### TASK GOAL
Once the line with "#[tactic(auto, unfolding(crate::specs::Inner::wide_code))]" is found in the entries below, repeat it and each following line exactly, up to and including the line with "Sort::Bind | Sort::Field". Add no other lines.

### TASK DATA
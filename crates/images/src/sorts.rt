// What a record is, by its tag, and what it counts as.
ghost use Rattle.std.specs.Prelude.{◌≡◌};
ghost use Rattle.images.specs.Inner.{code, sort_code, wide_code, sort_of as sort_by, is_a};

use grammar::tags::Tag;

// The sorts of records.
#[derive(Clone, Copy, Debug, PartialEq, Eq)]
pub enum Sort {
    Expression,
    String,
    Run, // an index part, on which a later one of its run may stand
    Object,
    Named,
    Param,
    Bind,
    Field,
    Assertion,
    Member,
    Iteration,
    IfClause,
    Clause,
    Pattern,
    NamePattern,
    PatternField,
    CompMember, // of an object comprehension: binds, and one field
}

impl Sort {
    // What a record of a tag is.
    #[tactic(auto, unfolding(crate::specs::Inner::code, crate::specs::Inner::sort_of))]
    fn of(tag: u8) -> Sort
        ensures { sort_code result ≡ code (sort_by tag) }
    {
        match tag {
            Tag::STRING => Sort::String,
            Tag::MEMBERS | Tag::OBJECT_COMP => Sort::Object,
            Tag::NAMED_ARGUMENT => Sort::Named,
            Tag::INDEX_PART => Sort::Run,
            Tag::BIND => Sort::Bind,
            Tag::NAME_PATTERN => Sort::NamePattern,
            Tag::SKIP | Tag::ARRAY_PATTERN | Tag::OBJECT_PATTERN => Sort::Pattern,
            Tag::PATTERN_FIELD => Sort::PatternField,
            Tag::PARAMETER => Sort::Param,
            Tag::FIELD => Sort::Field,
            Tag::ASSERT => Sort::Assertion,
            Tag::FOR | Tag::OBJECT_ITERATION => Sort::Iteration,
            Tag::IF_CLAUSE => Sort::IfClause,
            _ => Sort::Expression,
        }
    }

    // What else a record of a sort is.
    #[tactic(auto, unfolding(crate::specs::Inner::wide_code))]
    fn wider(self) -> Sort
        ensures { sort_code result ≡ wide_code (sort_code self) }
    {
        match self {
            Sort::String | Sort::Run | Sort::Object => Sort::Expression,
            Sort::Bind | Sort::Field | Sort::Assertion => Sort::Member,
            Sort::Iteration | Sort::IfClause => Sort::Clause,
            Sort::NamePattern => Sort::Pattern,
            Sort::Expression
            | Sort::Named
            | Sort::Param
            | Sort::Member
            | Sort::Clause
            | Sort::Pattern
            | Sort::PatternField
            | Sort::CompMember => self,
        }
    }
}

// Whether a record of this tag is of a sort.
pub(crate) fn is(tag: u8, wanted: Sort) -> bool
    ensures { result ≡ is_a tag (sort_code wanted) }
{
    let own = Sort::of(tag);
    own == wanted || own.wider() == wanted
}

### RESULT OF THIS EXERCISE
    #[tactic(auto, unfolding(crate::specs::Inner::wide_code))]
    fn wider(self) -> Sort
        ensures { sort_code result ≡ wide_code (sort_code self) }
    {
        match self {
            Sort::String | Sort::Run | Sort::Object => Sort::Expression,
            Sort::Bind | Sort::Field | Sort::Assertion => Sort::Member,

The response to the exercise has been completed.